Given records:
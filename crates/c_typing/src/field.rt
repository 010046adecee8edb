// The fields of structures and unions.
ghost use Rattle.std.specs.Prelude.{◌≡◌, [], IfOk, OnOk, OnErr, map, take, length};
ghost use Rattle.std.specs.Option.{option_copied};
ghost use Rattle.c_terms.specs.Trees.{join};
ghost use Rattle.c_typing.specs.Fields as spec;

use crate::base::{is_word_at, name_at};
use crate::binding::Binding;
use crate::declaration::declared_by;
use crate::key::FieldKey;
use c_terms::{Label, NoMemory, Tree};
use c_types::Ty;
use indexmap::IndexMap;
use std::alloc::Global;
use std::marker::Model;

/// Fields and their types. The first declaration of a field counts.
#[derive(Drop)]
pub(crate) struct Fields {
    types: IndexMap<FieldKey, Option<Ty>>,
}

impl Model for Fields {
    ghost use Rattle.std.specs.Prelude.{List};
    ghost use Rattle.std.specs.Coded.{codes};
    ghost use Rattle.c_types.specs.contracts.ty.Ty as ty;
    ghost use Rattle.c_typing.specs.Fields.{Field, fields_of_entries};

    ghost Value = { List Field };

    ghost coded = { Prim.hlevel (codes, ty.the_row.coded) };

    ghost view = { λ f. fields_of_entries f.types.entries };
}

impl Fields {
    pub(crate) fn new(alloc: Global) -> Fields
        ensures { result ≡ [] }
    {
        Fields {
            types: IndexMap::new(alloc),
        }
    }

    pub(crate) fn len(&self) -> usize
        ensures { result ≡ length self.now }
    {
        self.types.len()
    }

    /// Adds a field at the end. One that is there changes nothing.
    fn add(
        &mut self,
        alloc: Global,
        is_union: bool,
        tag: &[u8],
        binding: Binding,
    ) -> Result<(), NoMemory>
        ensures ok { OnOk result (self.new ≡ spec.with_field self.old (spec.field_of is_union tag.now binding)) }
        ensures err { OnErr result (self.new ≡ self.old) }
    {
        let key = FieldKey::of(alloc, is_union, tag, binding.name.as_bytes())?;
        if self.types.contains_key(&key) {
            return Ok(());
        }
        self.types.insert(key, binding.ty)?;
        Ok(())
    }

    /// Keeps the first `len` fields.
    pub(crate) fn truncate(&mut self, len: usize)
        ensures { self.new ≡ take len self.old }
    {
        self.types.truncate(len);
    }

    /// Returns the type of a field, or nothing if it isn't declared. One look-up.
    pub(crate) fn find(
        &self,
        alloc: Global,
        is_union: bool,
        tag: &[u8],
        name: &[u8],
    ) -> Result<Option<&Option<Ty>>, NoMemory>
        ensures { IfOk result (λ found. option_copied found ≡ spec.field_type self.now is_union tag.now name.now) }
    {
        let key = FieldKey::of(alloc, is_union, tag, name)?;
        Ok(self.types.get(&key))
    }

    /// Adds fields of a structure or union with this tag.
    fn add_each(
        &mut self,
        alloc: Global,
        is_union: bool,
        tag: &[u8],
        bindings: Vec<Binding>,
    ) -> Result<(), NoMemory>
        ensures ok { OnOk result (self.new ≡ spec.with_fields self.old (map (spec.field_of is_union tag.now) bindings.items)) }
        ensures kept { take (length self.old) self.new ≡ self.old }
    {
        for binding in bindings {
            self.add(alloc, is_union, tag, binding)?;
        }
        Ok(())
    }

    /// Adds the fields that one row of a structure or union with this tag declares, if the row declares fields.
    fn add_row(
        &mut self,
        alloc: Global,
        is_union: bool,
        tag: &[u8],
        label: Label,
        children: &[Tree],
    ) -> Result<(), NoMemory>
        ensures ok { OnOk result (self.new
            ≡ spec.with_fields self.old (spec.declared_by_row is_union tag.now label children.now)) }
        ensures kept { take (length self.old) self.new ≡ self.old }
    {
        match label {
            Label::Field => self.add_each(alloc, is_union, tag, declared_by(alloc, children)?),
            _ => Ok(()),
        }
    }

    fn add_declared(
        &mut self,
        alloc: Global,
        is_union: bool,
        tag: &[u8],
        tree: &Tree,
    ) -> Result<(), NoMemory>
        ensures ok { OnOk result (self.new ≡ spec.with_fields self.old (spec.declared_fields is_union tag.now tree.now)) }
        ensures kept { take (length self.old) self.new ≡ self.old }
    {
        match tree {
            Tree::Leaf(_) => Ok(()),
            Tree::Branch(label, children) => {
                self.add_row(alloc, is_union, tag, *label, children.as_slice())
            }
        }
    }

    /// Adds the fields that the rows of a structure or union with this tag declare.
    fn add_rows(
        &mut self,
        alloc: Global,
        is_union: bool,
        tag: &[u8],
        rows: &[Tree],
    ) -> Result<(), NoMemory>
        ensures ok { OnOk result (self.new
            ≡ spec.with_fields self.old (join (map (spec.declared_fields is_union tag.now) rows.now))) }
        ensures kept { take (length self.old) self.new ≡ self.old }
    {
        for row in rows {
            self.add_declared(alloc, is_union, tag, row)?;
        }
        Ok(())
    }

    /// Adds the fields of a structure's own declarations, if it has a tag.
    fn add_own(&mut self, alloc: Global, label: Label, children: &[Tree]) -> Result<(), NoMemory>
        ensures ok { OnOk result (self.new ≡ spec.with_fields self.old (spec.own_fields label children.now)) }
        ensures kept { take (length self.old) self.new ≡ self.old }
    {
        match label {
            Label::StructDef => match name_at(children, 1) {
                Some(tag) => {
                    let is_union = is_word_at(children, 0, b"union");
                    self.add_rows(alloc, is_union, tag.as_bytes(), children)
                }
                None => Ok(()),
            },
            _ => Ok(()),
        }
    }

    /// Adds the fields of all structures and unions with a tag in the specifiers of a declaration, those of a structure before
    /// those of the structures in its fields. Recurses once per level.
    pub(crate) fn add_all(&mut self, alloc: Global, tree: &Tree) -> Result<(), NoMemory>
        ensures ok { OnOk result (self.new ≡ spec.with_fields self.old (spec.fields_in tree.now)) }
        ensures kept { take (length self.old) self.new ≡ self.old }
    {
        match tree {
            Tree::Leaf(_) => Ok(()),
            Tree::Branch(label, children) => {
                self.add_own(alloc, *label, children.as_slice())?;
                for (i, child) in children.as_slice().iter().enumerate() {
                    if may_define(*label, i) {
                        self.add_all(alloc, child)?;
                    }
                }
                Ok(())
            }
        }
    }
}

/// Whether structures in child `i` of a branch with this label belong to the specifiers.
fn may_define(label: Label, i: usize) -> bool
    ensures { result ≡ spec.may_define label i }
{
    match label {
        Label::Specs | Label::StructDef => true,
        Label::Field => i == 0,
        _ => false,
    }
}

The task: With every line intact, print the records above again.

Answer box:
filename crates/c_typing/src/field.rt
repository 010046adecee8edb
// The fields of structures and unions.
ghost use Rattle.std.specs.Prelude.{◌≡◌, [], IfOk, OnOk, OnErr, map, take, length};
ghost use Rattle.std.specs.Option.{option_copied};
ghost use Rattle.c_terms.specs.Trees.{join};
ghost use Rattle.c_typing.specs.Fields as spec;

use crate::base::{is_word_at, name_at};
use crate::binding::Binding;
use crate::declaration::declared_by;
use crate::key::FieldKey;
use c_terms::{Label, NoMemory, Tree};
use c_types::Ty;
use indexmap::IndexMap;
use std::alloc::Global;
use std::marker::Model;

/// Fields and their types. The first declaration of a field counts.
#[derive(Drop)]
pub(crate) struct Fields {
    types: IndexMap<FieldKey, Option<Ty>>,
}

impl Model for Fields {
    ghost use Rattle.std.specs.Prelude.{List};
    ghost use Rattle.std.specs.Coded.{codes};
    ghost use Rattle.c_types.specs.contracts.ty.Ty as ty;
    ghost use Rattle.c_typing.specs.Fields.{Field, fields_of_entries};

    ghost Value = { List Field };

    ghost coded = { Prim.hlevel (codes, ty.the_row.coded) };

    ghost view = { λ f. fields_of_entries f.types.entries };
}

impl Fields {
    pub(crate) fn new(alloc: Global) -> Fields
        ensures { result ≡ [] }
    {
        Fields {
            types: IndexMap::new(alloc),
        }
    }

    pub(crate) fn len(&self) -> usize
        ensures { result ≡ length self.now }
    {
        self.types.len()
    }

    /// Adds a field at the end. One that is there changes nothing.
    fn add(
        &mut self,
        alloc: Global,
        is_union: bool,
        tag: &[u8],
        binding: Binding,
    ) -> Result<(), NoMemory>
        ensures ok { OnOk result (self.new ≡ spec.with_field self.old (spec.field_of is_union tag.now binding)) }
        ensures err { OnErr result (self.new ≡ self.old) }
    {
        let key = FieldKey::of(alloc, is_union, tag, binding.name.as_bytes())?;
        if self.types.contains_key(&key) {
            return Ok(());
        }
        self.types.insert(key, binding.ty)?;
        Ok(())
    }

    /// Keeps the first `len` fields.
    pub(crate) fn truncate(&mut self, len: usize)
        ensures { self.new ≡ take len self.old }
    {
        self.types.truncate(len);
    }

    /// Returns the type of a field, or nothing if it isn't declared. One look-up.
    pub(crate) fn find(
        &self,
        alloc: Global,
        is_union: bool,
        tag: &[u8],
        name: &[u8],
    ) -> Result<Option<&Option<Ty>>, NoMemory>
        ensures { IfOk result (λ found. option_copied found ≡ spec.field_type self.now is_union tag.now name.now) }
    {
        let key = FieldKey::of(alloc, is_union, tag, name)?;
        Ok(self.types.get(&key))
    }

    /// Adds fields of a structure or union with this tag.
    fn add_each(
        &mut self,
        alloc: Global,
        is_union: bool,
        tag: &[u8],
        bindings: Vec<Binding>,
    ) -> Result<(), NoMemory>
        ensures ok { OnOk result (self.new ≡ spec.with_fields self.old (map (spec.field_of is_union tag.now) bindings.items)) }
        ensures kept { take (length self.old) self.new ≡ self.old }
    {
        for binding in bindings {
            self.add(alloc, is_union, tag, binding)?;
        }
        Ok(())
    }

    /// Adds the fields that one row of a structure or union with this tag declares, if the row declares fields.
    fn add_row(
        &mut self,
        alloc: Global,
        is_union: bool,
        tag: &[u8],
        label: Label,
        children: &[Tree],
    ) -> Result<(), NoMemory>
        ensures ok { OnOk result (self.new
            ≡ spec.with_fields self.old (spec.declared_by_row is_union tag.now label children.now)) }
        ensures kept { take (length self.old) self.new ≡ self.old }
    {
        match label {
            Label::Field => self.add_each(alloc, is_union, tag, declared_by(alloc, children)?),
            _ => Ok(()),
        }
    }

    fn add_declared(
        &mut self,
        alloc: Global,
        is_union: bool,
        tag: &[u8],
        tree: &Tree,
    ) -> Result<(), NoMemory>
        ensures ok { OnOk result (self.new ≡ spec.with_fields self.old (spec.declared_fields is_union tag.now tree.now)) }
        ensures kept { take (length self.old) self.new ≡ self.old }
    {
        match tree {
            Tree::Leaf(_) => Ok(()),
            Tree::Branch(label, children) => {
                self.add_row(alloc, is_union, tag, *label, children.as_slice())
            }
        }
    }

    /// Adds the fields that the rows of a structure or union with this tag declare.
    fn add_rows(
        &mut self,
        alloc: Global,
        is_union: bool,
        tag: &[u8],
        rows: &[Tree],
    ) -> Result<(), NoMemory>
        ensures ok { OnOk result (self.new
            ≡ spec.with_fields self.old (join (map (spec.declared_fields is_union tag.now) rows.now))) }
        ensures kept { take (length self.old) self.new ≡ self.old }
    {
        for row in rows {
            self.add_declared(alloc, is_union, tag, row)?;
        }
        Ok(())
    }

    /// Adds the fields of a structure's own declarations, if it has a tag.
    fn add_own(&mut self, alloc: Global, label: Label, children: &[Tree]) -> Result<(), NoMemory>
        ensures ok { OnOk result (self.new ≡ spec.with_fields self.old (spec.own_fields label children.now)) }
        ensures kept { take (length self.old) self.new ≡ self.old }
    {
        match label {
            Label::StructDef => match name_at(children, 1) {
                Some(tag) => {
                    let is_union = is_word_at(children, 0, b"union");
                    self.add_rows(alloc, is_union, tag.as_bytes(), children)
                }
                None => Ok(()),
            },
            _ => Ok(()),
        }
    }

    /// Adds the fields of all structures and unions with a tag in the specifiers of a declaration, those of a structure before
    /// those of the structures in its fields. Recurses once per level.
    pub(crate) fn add_all(&mut self, alloc: Global, tree: &Tree) -> Result<(), NoMemory>
        ensures ok { OnOk result (self.new ≡ spec.with_fields self.old (spec.fields_in tree.now)) }
        ensures kept { take (length self.old) self.new ≡ self.old }
    {
        match tree {
            Tree::Leaf(_) => Ok(()),
            Tree::Branch(label, children) => {
                self.add_own(alloc, *label, children.as_slice())?;
                for (i, child) in children.as_slice().iter().enumerate() {
                    if may_define(*label, i) {
                        self.add_all(alloc, child)?;
                    }
                }
                Ok(())
            }
        }
    }
}

/// Whether structures in child `i` of a branch with this label belong to the specifiers.
fn may_define(label: Label, i: usize) -> bool
    ensures { result ≡ spec.may_define label i }
{
    match label {
        Label::Specs | Label::StructDef => true,
        Label::Field => i == 0,
        _ => false,
    }
}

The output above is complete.